:: Directions for this task ::
Tell how many lines of the material below hold "digits". The reply is that number alone.
───── Supplied entries ─────
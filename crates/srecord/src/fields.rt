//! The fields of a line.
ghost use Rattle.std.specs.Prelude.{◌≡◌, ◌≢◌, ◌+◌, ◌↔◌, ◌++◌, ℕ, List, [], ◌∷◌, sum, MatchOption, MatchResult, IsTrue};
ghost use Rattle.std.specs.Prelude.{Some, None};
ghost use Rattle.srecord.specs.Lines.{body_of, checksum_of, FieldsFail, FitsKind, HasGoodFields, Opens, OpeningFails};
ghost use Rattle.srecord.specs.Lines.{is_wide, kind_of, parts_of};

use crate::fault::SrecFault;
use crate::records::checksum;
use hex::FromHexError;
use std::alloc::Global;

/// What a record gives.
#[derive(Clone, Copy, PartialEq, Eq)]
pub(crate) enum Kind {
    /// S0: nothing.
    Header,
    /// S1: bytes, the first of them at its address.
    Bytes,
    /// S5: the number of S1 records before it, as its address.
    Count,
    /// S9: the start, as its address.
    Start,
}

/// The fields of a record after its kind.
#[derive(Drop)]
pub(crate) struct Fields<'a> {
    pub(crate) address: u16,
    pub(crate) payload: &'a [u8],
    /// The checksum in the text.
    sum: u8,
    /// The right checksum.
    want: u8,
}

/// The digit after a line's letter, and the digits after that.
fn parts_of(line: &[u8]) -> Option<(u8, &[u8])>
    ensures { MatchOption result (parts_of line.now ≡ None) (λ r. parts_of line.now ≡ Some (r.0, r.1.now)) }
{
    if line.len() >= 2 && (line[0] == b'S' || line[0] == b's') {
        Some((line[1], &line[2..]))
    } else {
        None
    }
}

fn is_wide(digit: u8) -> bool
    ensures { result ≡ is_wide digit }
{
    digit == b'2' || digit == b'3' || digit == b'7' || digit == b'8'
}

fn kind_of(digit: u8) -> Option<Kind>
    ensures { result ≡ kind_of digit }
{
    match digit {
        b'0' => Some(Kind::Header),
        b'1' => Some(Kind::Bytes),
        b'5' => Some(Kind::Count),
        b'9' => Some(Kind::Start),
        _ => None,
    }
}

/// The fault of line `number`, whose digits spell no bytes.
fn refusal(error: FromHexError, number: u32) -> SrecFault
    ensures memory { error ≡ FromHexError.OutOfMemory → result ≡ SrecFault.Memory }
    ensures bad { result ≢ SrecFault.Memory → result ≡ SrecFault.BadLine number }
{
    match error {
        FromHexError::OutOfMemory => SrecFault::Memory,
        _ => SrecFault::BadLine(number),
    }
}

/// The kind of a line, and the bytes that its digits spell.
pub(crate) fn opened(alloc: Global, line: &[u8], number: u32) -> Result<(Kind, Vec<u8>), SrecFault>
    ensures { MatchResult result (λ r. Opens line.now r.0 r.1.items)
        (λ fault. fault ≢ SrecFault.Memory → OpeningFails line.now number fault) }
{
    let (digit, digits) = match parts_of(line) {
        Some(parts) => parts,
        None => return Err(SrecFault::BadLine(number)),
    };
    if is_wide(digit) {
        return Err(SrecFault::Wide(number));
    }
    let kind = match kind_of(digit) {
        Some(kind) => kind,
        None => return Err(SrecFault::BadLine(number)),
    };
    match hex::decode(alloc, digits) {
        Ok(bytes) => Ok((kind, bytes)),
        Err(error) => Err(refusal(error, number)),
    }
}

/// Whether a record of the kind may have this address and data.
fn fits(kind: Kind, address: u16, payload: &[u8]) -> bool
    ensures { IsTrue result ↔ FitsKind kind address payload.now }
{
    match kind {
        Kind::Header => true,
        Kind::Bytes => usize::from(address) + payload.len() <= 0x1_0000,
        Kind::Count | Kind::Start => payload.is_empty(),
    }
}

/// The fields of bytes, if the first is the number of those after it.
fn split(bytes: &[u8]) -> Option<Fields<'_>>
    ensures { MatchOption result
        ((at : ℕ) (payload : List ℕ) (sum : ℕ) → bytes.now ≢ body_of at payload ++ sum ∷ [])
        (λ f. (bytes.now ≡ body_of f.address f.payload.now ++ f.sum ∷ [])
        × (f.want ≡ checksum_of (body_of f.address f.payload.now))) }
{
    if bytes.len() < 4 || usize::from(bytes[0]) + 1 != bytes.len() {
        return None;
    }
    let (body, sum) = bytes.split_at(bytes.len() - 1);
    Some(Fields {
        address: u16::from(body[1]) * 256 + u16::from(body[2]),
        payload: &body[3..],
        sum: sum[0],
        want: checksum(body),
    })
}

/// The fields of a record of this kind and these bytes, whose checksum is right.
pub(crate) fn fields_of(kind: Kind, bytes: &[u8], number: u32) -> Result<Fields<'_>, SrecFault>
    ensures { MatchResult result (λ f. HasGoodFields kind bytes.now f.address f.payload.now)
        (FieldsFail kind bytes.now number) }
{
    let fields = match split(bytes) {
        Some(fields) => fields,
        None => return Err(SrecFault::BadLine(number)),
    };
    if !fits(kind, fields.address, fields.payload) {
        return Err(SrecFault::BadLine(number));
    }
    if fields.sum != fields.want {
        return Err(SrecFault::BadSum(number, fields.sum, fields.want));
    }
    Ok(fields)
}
─────
:: Expected answer ::
5